▸ Dataset extract
-=-=-=-=-

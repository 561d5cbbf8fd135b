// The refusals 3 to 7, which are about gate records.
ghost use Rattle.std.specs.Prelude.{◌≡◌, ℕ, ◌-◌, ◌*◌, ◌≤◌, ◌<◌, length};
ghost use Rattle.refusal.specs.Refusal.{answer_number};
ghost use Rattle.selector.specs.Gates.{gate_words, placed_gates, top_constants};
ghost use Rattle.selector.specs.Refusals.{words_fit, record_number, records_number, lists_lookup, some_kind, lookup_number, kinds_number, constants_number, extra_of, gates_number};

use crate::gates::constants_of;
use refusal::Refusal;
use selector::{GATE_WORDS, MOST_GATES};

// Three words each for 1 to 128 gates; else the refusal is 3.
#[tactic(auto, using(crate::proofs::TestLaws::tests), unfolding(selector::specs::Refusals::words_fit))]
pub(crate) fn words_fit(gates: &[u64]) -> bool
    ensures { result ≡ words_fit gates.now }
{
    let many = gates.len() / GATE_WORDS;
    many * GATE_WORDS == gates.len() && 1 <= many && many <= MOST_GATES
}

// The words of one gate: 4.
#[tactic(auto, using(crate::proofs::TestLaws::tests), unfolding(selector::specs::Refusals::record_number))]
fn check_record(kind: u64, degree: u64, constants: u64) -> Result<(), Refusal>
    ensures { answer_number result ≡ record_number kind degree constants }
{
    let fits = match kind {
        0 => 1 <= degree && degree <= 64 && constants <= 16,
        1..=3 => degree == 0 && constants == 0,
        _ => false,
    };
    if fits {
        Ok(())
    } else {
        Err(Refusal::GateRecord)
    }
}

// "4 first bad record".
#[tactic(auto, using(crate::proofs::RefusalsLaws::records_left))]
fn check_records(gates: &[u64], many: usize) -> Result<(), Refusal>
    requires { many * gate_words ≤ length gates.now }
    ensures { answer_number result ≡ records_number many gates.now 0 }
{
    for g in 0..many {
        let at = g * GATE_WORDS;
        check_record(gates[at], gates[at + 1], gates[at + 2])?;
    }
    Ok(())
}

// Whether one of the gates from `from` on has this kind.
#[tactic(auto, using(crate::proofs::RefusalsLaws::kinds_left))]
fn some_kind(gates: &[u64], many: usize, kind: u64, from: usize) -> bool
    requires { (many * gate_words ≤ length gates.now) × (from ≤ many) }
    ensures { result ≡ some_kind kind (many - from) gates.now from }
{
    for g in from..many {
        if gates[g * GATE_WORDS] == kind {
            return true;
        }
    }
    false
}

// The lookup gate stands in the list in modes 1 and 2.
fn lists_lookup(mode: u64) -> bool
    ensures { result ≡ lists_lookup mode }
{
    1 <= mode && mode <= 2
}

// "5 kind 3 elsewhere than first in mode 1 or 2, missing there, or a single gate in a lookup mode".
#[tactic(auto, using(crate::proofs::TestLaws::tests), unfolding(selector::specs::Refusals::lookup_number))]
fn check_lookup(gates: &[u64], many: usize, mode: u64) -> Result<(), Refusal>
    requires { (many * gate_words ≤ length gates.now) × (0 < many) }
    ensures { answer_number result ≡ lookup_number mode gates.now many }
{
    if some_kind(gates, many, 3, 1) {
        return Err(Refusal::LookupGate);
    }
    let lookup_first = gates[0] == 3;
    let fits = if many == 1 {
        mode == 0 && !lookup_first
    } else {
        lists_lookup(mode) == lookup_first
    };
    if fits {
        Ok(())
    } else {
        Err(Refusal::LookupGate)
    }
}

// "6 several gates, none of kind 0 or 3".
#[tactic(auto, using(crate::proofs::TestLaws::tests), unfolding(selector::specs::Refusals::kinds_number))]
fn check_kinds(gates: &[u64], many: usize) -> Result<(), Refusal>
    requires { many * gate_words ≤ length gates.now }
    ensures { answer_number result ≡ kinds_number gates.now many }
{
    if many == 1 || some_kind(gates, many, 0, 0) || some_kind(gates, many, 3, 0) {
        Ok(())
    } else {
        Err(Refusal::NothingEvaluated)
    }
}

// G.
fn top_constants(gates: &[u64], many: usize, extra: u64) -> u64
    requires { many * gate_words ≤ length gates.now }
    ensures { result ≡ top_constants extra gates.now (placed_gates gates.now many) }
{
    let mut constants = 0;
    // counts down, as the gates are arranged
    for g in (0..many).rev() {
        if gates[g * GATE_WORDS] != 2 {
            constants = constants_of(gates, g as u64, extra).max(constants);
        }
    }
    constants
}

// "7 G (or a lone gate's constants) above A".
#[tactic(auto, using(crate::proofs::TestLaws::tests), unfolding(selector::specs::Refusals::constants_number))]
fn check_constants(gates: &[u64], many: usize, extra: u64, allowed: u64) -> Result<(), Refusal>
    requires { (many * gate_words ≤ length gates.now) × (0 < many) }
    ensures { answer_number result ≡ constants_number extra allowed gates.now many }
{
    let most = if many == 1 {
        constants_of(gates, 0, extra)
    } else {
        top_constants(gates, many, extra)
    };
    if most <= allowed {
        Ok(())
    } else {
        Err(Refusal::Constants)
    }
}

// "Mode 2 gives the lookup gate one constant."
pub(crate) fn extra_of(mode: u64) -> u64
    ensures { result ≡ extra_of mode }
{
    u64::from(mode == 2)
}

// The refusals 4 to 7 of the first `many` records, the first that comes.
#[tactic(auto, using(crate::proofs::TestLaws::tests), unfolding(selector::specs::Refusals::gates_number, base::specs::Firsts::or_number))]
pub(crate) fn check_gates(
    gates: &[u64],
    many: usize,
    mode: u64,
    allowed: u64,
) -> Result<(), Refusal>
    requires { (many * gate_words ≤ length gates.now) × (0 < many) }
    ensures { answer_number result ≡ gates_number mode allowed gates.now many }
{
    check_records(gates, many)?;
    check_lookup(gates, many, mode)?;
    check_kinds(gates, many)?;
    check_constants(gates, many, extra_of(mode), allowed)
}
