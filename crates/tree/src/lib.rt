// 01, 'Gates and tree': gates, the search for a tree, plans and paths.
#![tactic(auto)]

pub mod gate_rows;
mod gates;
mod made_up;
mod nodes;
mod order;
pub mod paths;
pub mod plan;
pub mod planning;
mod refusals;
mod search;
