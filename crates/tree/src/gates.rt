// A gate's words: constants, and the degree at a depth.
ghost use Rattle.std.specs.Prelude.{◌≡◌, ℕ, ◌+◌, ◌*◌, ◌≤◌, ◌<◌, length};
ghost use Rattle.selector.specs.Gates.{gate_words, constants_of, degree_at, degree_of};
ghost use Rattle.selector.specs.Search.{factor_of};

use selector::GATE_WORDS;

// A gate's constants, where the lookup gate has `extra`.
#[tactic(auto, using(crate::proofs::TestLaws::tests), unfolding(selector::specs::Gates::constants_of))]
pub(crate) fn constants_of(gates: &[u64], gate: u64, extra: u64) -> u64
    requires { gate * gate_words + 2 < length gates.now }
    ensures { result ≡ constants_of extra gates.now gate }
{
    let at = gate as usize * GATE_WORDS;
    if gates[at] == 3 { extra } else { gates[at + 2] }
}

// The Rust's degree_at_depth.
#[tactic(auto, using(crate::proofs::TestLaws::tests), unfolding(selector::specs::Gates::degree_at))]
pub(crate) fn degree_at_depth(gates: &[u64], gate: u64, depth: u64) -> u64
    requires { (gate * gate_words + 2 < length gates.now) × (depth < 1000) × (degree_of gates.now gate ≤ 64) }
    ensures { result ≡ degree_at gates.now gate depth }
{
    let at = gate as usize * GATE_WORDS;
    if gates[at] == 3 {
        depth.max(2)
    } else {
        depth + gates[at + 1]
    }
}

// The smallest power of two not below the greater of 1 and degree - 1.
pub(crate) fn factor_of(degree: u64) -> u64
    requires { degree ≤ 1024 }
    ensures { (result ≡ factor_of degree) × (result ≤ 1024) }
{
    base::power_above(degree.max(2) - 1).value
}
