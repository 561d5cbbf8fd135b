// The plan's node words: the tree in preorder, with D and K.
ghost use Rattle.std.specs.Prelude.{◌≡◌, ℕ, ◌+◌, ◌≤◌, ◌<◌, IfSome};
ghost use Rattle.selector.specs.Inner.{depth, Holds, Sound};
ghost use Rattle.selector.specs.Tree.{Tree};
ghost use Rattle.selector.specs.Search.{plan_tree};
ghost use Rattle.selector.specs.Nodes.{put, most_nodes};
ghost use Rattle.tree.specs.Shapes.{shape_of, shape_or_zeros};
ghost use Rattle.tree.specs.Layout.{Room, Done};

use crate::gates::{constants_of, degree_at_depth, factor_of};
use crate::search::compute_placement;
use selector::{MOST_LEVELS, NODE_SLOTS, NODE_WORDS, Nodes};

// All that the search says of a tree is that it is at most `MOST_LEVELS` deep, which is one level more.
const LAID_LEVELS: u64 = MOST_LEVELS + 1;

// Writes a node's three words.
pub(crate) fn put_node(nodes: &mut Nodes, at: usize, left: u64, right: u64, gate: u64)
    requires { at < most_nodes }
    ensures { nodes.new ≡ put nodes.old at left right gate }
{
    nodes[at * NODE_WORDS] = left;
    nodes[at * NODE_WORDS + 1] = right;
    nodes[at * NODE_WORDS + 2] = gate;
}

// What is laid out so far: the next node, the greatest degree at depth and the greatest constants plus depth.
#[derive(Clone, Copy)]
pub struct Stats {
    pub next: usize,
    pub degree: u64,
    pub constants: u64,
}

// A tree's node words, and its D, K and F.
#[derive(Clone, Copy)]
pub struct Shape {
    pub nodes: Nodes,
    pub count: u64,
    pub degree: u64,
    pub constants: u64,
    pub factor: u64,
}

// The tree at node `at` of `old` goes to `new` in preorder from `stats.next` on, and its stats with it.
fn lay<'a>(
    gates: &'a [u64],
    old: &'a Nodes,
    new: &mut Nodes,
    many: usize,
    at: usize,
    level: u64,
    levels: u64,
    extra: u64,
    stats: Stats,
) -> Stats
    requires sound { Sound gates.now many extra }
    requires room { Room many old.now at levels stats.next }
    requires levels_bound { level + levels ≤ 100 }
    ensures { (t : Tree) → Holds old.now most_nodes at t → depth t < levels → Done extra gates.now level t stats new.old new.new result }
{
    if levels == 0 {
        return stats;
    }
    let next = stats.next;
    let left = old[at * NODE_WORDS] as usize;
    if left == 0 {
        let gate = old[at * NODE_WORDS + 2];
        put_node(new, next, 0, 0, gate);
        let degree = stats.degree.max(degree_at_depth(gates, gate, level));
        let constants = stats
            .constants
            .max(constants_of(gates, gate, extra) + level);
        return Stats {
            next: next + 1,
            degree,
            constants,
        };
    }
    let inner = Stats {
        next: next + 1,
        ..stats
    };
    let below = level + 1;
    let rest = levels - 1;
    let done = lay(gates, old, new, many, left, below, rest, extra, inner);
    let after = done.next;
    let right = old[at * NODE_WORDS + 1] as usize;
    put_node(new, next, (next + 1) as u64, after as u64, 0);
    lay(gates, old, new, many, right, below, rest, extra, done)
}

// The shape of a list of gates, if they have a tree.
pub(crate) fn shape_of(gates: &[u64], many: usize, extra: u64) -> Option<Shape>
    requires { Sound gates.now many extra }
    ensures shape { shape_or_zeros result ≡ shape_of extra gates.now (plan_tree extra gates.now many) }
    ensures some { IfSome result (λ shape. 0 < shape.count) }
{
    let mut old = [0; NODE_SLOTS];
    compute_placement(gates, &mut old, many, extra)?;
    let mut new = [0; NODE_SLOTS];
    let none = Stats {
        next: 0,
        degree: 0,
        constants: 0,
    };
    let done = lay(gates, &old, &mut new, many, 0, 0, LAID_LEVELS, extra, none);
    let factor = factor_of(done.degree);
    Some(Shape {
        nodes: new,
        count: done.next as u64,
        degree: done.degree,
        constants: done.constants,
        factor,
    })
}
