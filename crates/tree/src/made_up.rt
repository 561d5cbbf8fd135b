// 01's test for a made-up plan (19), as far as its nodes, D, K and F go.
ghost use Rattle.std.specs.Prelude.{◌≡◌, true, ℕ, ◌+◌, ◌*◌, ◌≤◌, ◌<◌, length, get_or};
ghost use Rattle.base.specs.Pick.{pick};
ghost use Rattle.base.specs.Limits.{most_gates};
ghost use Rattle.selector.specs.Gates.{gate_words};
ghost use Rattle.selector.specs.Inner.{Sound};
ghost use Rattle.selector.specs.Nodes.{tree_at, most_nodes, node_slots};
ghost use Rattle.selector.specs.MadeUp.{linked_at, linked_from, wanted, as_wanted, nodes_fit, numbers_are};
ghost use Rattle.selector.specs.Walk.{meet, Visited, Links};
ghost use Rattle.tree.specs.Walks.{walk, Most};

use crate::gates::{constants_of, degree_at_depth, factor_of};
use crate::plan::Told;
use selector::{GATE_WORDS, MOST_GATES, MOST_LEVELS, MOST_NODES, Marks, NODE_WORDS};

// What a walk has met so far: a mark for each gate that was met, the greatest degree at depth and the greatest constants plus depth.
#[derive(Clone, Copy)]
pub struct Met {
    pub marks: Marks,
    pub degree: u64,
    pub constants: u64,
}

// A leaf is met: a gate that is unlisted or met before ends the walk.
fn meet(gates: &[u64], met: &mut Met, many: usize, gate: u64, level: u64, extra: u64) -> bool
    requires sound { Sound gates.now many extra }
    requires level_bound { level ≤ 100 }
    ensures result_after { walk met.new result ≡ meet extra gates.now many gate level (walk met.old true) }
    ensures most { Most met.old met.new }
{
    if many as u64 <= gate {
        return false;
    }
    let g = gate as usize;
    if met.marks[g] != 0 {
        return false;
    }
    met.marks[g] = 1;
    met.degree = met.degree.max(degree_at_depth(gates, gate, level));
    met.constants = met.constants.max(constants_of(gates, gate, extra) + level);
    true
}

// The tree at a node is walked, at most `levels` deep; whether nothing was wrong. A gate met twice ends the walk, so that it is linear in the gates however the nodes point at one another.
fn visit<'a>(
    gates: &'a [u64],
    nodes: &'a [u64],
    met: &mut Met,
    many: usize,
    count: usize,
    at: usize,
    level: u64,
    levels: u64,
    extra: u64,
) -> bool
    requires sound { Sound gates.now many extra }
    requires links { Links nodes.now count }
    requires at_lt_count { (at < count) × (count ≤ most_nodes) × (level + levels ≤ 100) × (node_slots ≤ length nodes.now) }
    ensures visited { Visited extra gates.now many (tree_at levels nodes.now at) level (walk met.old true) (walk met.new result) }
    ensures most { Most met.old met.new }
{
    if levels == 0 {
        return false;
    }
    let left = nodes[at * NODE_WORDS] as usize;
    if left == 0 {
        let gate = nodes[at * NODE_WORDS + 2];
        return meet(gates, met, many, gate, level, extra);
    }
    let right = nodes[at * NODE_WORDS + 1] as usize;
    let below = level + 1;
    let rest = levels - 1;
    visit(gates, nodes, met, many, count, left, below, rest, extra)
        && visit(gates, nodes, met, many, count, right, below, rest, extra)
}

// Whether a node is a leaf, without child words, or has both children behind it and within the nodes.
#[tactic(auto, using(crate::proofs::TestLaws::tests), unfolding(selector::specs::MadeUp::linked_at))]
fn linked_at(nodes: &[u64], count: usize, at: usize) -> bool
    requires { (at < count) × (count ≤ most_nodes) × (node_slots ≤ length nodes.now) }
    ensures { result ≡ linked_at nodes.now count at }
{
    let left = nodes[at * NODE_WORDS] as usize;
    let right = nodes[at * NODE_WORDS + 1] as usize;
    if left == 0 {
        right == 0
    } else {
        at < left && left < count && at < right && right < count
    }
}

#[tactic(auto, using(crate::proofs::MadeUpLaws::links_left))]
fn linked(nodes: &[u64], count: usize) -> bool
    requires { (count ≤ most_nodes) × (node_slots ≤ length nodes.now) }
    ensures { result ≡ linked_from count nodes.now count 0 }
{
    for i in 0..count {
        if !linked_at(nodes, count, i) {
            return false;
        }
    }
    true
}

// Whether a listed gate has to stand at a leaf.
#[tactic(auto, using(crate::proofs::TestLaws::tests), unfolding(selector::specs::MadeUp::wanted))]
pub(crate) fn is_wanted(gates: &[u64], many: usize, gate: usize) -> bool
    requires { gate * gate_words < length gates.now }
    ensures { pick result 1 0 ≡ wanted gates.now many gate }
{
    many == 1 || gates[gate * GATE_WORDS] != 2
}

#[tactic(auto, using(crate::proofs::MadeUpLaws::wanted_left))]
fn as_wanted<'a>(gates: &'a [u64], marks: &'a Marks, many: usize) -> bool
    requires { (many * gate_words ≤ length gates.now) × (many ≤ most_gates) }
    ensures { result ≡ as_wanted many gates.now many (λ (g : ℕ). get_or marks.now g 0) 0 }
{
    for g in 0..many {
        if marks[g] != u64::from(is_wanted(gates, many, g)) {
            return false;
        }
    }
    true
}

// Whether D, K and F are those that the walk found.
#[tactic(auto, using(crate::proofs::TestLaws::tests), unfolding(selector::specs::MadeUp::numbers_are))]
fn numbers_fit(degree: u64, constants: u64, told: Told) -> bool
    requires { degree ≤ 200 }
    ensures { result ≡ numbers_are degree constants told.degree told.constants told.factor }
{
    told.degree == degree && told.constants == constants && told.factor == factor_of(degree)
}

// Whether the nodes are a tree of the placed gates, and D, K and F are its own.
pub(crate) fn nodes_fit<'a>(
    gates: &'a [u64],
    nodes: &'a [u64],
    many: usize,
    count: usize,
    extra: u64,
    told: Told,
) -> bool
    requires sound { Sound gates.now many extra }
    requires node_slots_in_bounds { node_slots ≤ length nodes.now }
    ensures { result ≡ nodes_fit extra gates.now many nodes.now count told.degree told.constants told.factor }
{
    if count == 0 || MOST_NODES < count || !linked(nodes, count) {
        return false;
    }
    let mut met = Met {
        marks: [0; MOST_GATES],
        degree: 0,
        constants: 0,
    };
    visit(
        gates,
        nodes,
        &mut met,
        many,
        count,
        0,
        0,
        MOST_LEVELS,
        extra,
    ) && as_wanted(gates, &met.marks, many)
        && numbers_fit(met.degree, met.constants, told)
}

-=-=-=-=-

▸ About this exercise
Show all lines from the entries that hold "allowed".

▸ Result
fn check_constants(gates: &[u64], many: usize, extra: u64, allowed: u64) -> Result<(), Refusal>
    ensures { answer_number result ≡ constants_number extra allowed gates.now many }
    if most <= allowed {
    allowed: u64,
    ensures { answer_number result ≡ gates_number mode allowed gates.now many }
    check_constants(gates, many, extra_of(mode), allowed)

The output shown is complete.